Verdict: The design is correct for your goal. Multi-tenant, source-aware, chunk-based, and auditable (e.g. retrieved_chunks) all support a production chatbot. Proceed with this schema.


The following Prisma models implement the RAG schema above. The embedding column (pgvector) is added in a separate migration step via raw SQL because Prisma has no native vector type.

  • Prisma schema: appifire-ai-chat/prisma/schema.prisma — includes all RAG models (Shop, Product, KnowledgeChunk, Embedding, etc.) plus the template’s Session model.
  • Migration: appifire-ai-chat/prisma/migrations/20250224000000_add_rag_schema/migration.sql — enables pgvector, creates all RAG tables, and adds the embedding vector(1536) column. The ivfflat index is not created in this migration (it requires rows); create it after ingesting embeddings (see below).
  • Native UUID + indexes: appifire-ai-chat/prisma/migrations/20260224110000_native_uuid_and_indexes/migration.sql — converts all RAG table id and foreign key columns to PostgreSQL native uuid and adds indexes on FKs and key lookups (products.shop_id, products.shopify_product_id, knowledge_chunks.shop_id, chat_messages.session_id, openrouter_calls.shop_id, openrouter_calls.created_at, etc.).

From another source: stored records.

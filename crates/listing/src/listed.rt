//! A declaration whose model is kept.

ghost use Rattle.std.specs.Prelude.{◌≡◌, ◌≤◌, ◌++◌, [], ◌∷◌, length, OnOk};
ghost use Rattle.listing.specs.Keeping.{KeptAs};
ghost use Rattle.listing.specs.declared.listed.Listed.{Listed};

use parts::part::Part;
use std::alloc::{AllocError, Global};
use text::declared::Declared;

/// One declaration of a text, and its model.
#[derive(Drop)]
pub struct Listed<'t> {
    /// a part of the text
    pub name: &'t [u8],
    pub symbol: u32,
    /// where the name stands in the text, in bytes from 0
    pub place: usize,
    /// 1 to 256
    pub parts: Vec<Part>,
}

/// Adds a declaration, with its parts from the front of the sheet.
pub(crate) fn keep<'t>(
    heap: Global,
    declared: Declared<'t>,
    sheet: &[Part],
    elements: &mut Vec<Listed<'t>>,
) -> Result<(), AllocError>
    requires { declared.length ≤ length sheet.now }
    ensures { OnOk result ((e : Listed) × KeptAs declared.entry sheet.now e × (elements.new.items ≡ elements.old.items ++ (e ∷ []))) }
{
    let parts = sheet[..declared.length].to_vec(heap)?;
    elements.push(Listed {
        name: declared.name,
        symbol: declared.symbol,
        place: declared.place,
        parts,
    })?;
    Ok(())
}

Apply the migration when your DB is reachable:

Terminal window
cd appifire-ai-chat && npx prisma migrate deploy

(Or npx prisma migrate dev for development.)

Vector index (run after you have ingested some embeddings):
ivfflat cannot be created on an empty table. After loading embeddings, run:

CREATE INDEX "embeddings_embedding_idx" ON "embeddings" USING ivfflat ("embedding" vector_cosine_ops) WITH (lists = 100);

Adjust lists (e.g. rows/1000) as your data grows.

Deploying via SQL dump (e.g. Dokploy, any Postgres):

  1. Target Postgres must have pgvector. Use an image that includes it (e.g. pgvector/pgvector:pg15) or install the extension on the server.
  2. Create the extension first (before any table that uses vector):
    CREATE EXTENSION IF NOT EXISTS vector WITH SCHEMA public;
  3. Embedding column: Define as vector(1536) (fixed dimensions). Untyped vector causes “column does not have dimensions” when creating the ivfflat index.
  4. Vector index: Use USING ivfflat ("embedding" vector_cosine_ops) WITH (lists = 100). Do not use btree with vector_cosine_ops (operator class does not exist for btree).
  5. A ready-made dump that follows these rules is in databases/appifire-ai-chat-*.sql (run it against an empty DB with pgvector enabled).